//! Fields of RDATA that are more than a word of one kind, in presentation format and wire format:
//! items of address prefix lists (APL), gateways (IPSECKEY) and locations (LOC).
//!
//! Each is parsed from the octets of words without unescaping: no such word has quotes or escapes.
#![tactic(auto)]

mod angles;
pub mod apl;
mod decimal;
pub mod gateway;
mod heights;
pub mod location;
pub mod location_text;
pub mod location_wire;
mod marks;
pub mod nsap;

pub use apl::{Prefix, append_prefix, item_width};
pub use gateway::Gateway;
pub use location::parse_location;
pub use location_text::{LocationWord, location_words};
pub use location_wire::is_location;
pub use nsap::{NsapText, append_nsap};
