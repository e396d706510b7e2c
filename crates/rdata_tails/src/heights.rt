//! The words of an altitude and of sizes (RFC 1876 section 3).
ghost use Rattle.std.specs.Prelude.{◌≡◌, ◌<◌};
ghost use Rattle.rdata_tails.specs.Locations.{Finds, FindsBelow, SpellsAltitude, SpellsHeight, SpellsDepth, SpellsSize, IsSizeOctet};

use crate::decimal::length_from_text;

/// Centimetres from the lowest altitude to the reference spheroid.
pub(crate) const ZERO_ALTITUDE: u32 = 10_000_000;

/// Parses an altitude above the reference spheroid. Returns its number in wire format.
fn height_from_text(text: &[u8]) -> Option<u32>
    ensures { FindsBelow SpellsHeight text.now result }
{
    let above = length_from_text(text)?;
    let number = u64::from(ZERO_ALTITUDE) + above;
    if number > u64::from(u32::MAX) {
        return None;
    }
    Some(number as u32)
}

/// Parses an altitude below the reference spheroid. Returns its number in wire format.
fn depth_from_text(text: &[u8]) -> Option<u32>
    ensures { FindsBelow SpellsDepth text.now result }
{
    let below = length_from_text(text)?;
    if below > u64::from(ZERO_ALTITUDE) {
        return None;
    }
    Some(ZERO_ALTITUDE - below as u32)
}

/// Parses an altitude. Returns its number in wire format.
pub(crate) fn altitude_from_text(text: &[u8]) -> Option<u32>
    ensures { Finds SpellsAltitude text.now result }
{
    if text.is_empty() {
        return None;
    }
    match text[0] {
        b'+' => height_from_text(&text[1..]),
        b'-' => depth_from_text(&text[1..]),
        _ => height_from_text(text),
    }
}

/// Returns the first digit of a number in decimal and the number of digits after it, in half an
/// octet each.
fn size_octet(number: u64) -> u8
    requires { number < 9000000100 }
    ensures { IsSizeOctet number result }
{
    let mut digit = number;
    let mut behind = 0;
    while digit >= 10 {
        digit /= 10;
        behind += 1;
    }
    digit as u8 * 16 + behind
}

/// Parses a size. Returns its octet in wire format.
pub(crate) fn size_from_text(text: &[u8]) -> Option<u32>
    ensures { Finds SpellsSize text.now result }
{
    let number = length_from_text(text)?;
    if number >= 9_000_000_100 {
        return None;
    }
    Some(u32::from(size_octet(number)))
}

***

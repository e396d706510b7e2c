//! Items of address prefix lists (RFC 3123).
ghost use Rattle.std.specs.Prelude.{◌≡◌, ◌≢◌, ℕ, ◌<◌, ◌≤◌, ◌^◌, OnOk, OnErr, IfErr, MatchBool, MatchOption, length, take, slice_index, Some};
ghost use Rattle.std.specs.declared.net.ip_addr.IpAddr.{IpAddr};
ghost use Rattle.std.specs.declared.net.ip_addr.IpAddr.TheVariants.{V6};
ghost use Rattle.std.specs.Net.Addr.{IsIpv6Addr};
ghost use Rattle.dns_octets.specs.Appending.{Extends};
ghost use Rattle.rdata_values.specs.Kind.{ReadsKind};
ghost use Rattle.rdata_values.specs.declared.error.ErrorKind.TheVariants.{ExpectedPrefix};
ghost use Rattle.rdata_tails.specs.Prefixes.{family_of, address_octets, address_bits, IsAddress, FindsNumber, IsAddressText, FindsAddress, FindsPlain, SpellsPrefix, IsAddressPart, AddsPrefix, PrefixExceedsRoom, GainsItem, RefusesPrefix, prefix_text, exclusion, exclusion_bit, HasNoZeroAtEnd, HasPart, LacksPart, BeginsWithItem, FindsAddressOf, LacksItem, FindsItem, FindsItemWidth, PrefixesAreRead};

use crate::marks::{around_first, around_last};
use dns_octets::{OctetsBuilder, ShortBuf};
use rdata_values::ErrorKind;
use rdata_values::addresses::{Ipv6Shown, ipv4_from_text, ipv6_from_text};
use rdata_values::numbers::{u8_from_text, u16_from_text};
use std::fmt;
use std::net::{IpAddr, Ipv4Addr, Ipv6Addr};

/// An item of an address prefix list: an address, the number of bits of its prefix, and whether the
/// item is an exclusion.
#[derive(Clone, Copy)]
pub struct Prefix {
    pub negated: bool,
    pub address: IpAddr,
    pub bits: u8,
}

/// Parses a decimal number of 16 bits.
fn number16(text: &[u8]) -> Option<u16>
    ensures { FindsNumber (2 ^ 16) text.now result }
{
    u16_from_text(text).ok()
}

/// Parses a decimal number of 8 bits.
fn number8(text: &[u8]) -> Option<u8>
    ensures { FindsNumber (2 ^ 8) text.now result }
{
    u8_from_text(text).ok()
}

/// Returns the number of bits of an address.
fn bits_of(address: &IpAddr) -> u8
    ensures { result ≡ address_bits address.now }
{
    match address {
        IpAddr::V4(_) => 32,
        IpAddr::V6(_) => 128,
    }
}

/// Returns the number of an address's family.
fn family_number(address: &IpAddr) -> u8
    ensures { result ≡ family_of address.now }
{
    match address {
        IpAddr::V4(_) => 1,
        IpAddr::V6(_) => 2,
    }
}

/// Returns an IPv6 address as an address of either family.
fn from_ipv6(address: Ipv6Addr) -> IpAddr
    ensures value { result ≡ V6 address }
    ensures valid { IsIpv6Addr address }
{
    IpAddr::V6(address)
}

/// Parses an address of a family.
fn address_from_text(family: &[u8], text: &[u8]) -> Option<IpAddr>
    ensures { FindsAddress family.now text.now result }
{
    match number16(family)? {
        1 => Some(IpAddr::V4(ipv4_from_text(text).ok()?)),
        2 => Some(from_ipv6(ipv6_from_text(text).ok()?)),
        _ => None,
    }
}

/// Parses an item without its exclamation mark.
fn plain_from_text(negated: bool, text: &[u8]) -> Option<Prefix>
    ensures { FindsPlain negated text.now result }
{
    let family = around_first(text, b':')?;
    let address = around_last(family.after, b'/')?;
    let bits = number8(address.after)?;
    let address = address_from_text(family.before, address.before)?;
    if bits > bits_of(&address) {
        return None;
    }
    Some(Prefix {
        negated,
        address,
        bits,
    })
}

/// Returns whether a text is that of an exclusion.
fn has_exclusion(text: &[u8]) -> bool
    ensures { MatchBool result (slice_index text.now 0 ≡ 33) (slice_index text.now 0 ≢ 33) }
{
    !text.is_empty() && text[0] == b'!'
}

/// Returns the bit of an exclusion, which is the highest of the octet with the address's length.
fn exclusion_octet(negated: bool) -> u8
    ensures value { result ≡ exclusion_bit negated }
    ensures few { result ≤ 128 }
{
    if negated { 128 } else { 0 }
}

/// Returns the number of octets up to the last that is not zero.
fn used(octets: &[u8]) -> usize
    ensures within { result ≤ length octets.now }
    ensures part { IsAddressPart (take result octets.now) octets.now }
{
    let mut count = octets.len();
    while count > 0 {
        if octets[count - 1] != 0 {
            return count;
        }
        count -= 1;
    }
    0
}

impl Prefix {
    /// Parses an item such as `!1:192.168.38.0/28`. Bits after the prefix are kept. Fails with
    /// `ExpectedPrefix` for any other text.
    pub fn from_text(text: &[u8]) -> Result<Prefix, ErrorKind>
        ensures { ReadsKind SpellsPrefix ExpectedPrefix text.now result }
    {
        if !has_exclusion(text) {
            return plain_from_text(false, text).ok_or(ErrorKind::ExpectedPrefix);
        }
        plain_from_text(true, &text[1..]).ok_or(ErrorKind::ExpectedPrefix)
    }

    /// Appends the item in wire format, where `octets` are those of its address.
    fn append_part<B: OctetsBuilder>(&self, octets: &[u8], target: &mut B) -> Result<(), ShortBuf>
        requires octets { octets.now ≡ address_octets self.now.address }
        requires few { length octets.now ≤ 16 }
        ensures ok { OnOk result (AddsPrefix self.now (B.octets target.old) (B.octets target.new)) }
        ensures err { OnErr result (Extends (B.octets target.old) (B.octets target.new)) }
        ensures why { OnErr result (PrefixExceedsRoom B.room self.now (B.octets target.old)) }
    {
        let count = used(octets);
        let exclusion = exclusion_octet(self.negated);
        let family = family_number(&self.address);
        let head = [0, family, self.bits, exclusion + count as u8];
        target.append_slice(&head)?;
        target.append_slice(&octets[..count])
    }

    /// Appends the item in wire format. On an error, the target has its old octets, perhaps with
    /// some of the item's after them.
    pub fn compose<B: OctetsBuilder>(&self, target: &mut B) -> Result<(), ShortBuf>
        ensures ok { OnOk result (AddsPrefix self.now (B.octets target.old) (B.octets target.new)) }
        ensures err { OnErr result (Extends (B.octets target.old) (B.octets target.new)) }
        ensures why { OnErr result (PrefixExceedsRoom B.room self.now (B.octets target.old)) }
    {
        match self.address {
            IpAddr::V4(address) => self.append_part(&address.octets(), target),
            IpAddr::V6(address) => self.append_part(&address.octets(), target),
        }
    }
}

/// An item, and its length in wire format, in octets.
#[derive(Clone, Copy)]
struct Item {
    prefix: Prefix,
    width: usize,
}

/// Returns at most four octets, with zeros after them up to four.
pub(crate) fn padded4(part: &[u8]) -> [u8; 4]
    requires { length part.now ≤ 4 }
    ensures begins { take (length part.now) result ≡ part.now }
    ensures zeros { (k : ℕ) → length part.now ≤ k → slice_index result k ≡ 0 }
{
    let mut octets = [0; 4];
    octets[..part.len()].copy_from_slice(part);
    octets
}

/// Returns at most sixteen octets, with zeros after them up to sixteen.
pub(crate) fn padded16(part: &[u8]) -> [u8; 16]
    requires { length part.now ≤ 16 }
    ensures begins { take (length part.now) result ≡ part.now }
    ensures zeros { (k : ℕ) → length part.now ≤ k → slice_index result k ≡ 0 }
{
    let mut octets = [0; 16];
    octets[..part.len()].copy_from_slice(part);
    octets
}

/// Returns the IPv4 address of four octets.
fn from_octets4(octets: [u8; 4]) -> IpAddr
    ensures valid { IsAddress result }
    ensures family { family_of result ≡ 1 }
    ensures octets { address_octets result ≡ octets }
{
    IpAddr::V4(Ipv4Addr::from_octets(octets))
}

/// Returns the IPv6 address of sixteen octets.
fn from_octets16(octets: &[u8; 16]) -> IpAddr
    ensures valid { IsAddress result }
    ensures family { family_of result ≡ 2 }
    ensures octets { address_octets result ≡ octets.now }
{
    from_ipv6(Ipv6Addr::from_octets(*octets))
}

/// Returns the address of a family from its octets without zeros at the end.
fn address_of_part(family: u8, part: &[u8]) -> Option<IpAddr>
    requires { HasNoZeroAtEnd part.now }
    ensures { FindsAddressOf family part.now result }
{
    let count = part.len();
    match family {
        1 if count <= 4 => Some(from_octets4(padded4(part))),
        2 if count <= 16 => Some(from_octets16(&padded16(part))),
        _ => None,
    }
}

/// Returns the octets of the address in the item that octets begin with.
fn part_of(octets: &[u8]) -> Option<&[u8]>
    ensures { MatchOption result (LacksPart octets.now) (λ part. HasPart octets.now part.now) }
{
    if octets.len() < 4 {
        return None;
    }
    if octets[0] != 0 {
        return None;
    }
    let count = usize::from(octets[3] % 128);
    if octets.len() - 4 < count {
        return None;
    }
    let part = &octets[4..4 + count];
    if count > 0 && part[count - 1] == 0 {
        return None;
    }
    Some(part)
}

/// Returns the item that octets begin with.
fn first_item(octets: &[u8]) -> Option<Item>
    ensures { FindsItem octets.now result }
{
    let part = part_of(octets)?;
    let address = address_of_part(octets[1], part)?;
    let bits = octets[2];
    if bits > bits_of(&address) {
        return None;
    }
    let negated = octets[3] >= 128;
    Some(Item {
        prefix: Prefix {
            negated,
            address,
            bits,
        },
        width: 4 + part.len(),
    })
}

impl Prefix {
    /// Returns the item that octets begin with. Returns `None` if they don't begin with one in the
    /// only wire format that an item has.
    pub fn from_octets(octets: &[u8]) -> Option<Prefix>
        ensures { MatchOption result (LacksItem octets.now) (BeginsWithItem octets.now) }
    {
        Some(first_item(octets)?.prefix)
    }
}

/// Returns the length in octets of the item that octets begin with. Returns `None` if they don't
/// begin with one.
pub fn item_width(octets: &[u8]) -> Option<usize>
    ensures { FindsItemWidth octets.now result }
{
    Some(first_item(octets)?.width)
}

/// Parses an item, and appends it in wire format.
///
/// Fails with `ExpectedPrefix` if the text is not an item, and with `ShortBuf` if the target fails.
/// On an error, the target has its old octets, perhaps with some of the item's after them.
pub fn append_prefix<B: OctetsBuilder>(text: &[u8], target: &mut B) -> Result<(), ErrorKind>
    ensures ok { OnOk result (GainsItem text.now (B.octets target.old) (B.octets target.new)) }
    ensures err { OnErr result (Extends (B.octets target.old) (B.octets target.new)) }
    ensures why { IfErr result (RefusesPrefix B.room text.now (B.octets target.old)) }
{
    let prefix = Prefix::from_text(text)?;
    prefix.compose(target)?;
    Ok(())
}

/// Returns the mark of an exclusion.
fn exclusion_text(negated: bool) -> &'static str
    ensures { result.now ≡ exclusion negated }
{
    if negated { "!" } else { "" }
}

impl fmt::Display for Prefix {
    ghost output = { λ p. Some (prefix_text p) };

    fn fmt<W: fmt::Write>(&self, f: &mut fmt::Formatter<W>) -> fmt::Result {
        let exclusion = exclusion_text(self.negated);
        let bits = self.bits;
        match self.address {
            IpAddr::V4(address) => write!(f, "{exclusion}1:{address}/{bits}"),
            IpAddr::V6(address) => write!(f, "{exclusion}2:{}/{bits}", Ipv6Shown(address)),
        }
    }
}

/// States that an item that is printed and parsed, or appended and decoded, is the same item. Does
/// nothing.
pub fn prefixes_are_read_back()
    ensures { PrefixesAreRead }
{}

***

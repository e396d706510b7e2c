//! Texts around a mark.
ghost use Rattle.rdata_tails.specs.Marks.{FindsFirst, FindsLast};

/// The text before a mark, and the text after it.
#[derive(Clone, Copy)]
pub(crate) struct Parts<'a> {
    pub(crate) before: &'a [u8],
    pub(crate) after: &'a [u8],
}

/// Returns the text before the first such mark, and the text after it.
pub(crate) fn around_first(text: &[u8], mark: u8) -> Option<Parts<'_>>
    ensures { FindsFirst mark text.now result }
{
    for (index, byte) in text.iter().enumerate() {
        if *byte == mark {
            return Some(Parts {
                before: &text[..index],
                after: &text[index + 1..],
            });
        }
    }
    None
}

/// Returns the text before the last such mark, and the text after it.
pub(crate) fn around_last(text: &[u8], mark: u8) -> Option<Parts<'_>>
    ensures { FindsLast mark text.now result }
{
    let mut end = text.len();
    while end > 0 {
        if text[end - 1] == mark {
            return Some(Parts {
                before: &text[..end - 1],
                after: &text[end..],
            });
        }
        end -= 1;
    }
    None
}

***

What you have to do: Return only the number of lines in the data that contain "while".

Task solution: 3